Наконец я спустил ноги на пол, напялил чёрную разношенную майку, влез в обтёрханные джинсы, всё время глядя на сынишку в маленькой кроватке, собранной из дощечек старинного бабушкиного сундука.

«Спит… А что это такое? Где он сейчас? Откуда его вчерашние слёзы за обедом?»

Я приподнял невесомую ручку мальчика, поцеловал сжатый кулачок и вышел на кухню.

В углу за буфетом на электрической плитке пыхтела каша. Под руками Татьяны брякала старая разнокалиберная посуда.

Из своей половины вышла мать, помятая после сна, но уже «прошедшая через зеркало», подкрашенная и причёсанная. Двадцать лет её гнала первая невестка, Ларка, забирая власть, унижала, обзывала воровкой, старой дурой, и теперь она запоздало, в отместку, напускала на себя свекровскую холодность, желанно тиранила добрейшую Татьяну.

– С добрым утром, Саша! С добрым утром, сыночек дорогой. Как спалось? – кланялась она мне с преувеличенной лаской.

И, не дожидаясь ответа, по старинной учительской привычке «работать с классом», въедливо, с недоверием, бросила Татьяне:

– Кашу опять, что ли, варишь? На дорогу мужику что-нибудь покрепче надо.

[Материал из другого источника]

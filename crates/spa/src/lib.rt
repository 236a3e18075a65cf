//! Student/project allocation: codes, instances, matchings, profiles and worths.
//!
//! A value of these types is well formed by construction: every crate above takes it as given and tests nothing again.
//! Nothing here chooses a matching; `search` and `network` do, and `verdict` checks one. Nothing here knows an office.
//! The problem is that of Kwanashie, Irving, Manlove and Sng, "Profile-based optimal matchings in the student/project
//! allocation problem", with upper quotas alone.
//!
//! Promised: `Code::read` and `Label::read` keep exactly the texts that have the form. `Instance::new` answers the
//! instance that is, by codes, exactly the rolls handed in, or names the first fault. `Matching::fault` is none exactly
//! for a matching; `profile` counts its pairs by rank, and `Matching::counts` by project and by supervisor. `precedes`
//! compares rows of numbers as an `Aim` reads them; `Lex` and `Generous` keep the laws of `Worth`. The functions of
//! `laws` carry what the crates above rest on: prices bound every matching, and codes say the same as positions.
//!
//! Read on in `specs/Shape.antt`, `specs/Matching.antt` and `specs/Prices.antt`, which speak of positions, then in
//! `specs/Instance.antt` and `specs/Coded.antt`, which say the same by codes.
#![tactic(auto)]

mod aim;
mod code;
mod codes;
mod columns;
mod counts;
mod fault;
mod generous;
mod guesses;
mod instance;
mod label;
mod laws;
mod lex;
mod lists;
mod matching;
mod offers;
mod order;
mod rolls;
mod text;
mod worth;

pub use aim::{AIMS, Aim};
pub use code::Code;
pub use counts::Counts;
pub use fault::{InstanceFault, Roll};
pub use generous::{Generous, generous_law};
pub use guesses::Guesses;
pub use instance::Instance;
pub use label::Label;
pub use laws::code_law;
pub use lex::{Lex, lex_law};
pub use matching::{MatchFault, Matching, profile, total_weight};
pub use order::precedes;
pub use text::{TextFault, is_code_text, is_label_text};
pub use worth::Worth;

/// The most supervisors of an instance.
pub const MAX_SUPERVISORS: usize = 100;

/// The most projects of an instance.
pub const MAX_PROJECTS: usize = 400;

/// The most students of an instance.
pub const MAX_STUDENTS: usize = 500;

/// The greatest quota of a supervisor or a project.
pub const MAX_QUOTA: u32 = 500;

/// The most bytes of a code.
pub const MAX_CODE_BYTES: usize = 16;

/// The most bytes of a label.
pub const MAX_LABEL_BYTES: usize = 200;

/// The longest list, and so the ranks that a pair can have.
pub const RANKS: usize = 12;

/// The places of a worth: the size, and one for each rank.
pub const COMPONENTS: usize = RANKS + 1;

У нас с Татьяной это называлось – «пришпорила».

– Татьяна Григорьевна знает, что надо, – сказал я, и мать послушно переменилась. С напускной слезой в голосе запричитала:

– Вот, Танечка, остаёмся мы опять одни. Уезжает наш хозяин дорогой.

Тогда я ещё не верил, что обрекаю Татьяну на муку и пытку. В понятии «мама» заключалось для меня мировое милосердие.

– Через недельку ждите, – бодро пообещал я.

40

Тело моё ещё глотало кашу, наполнялось чаем.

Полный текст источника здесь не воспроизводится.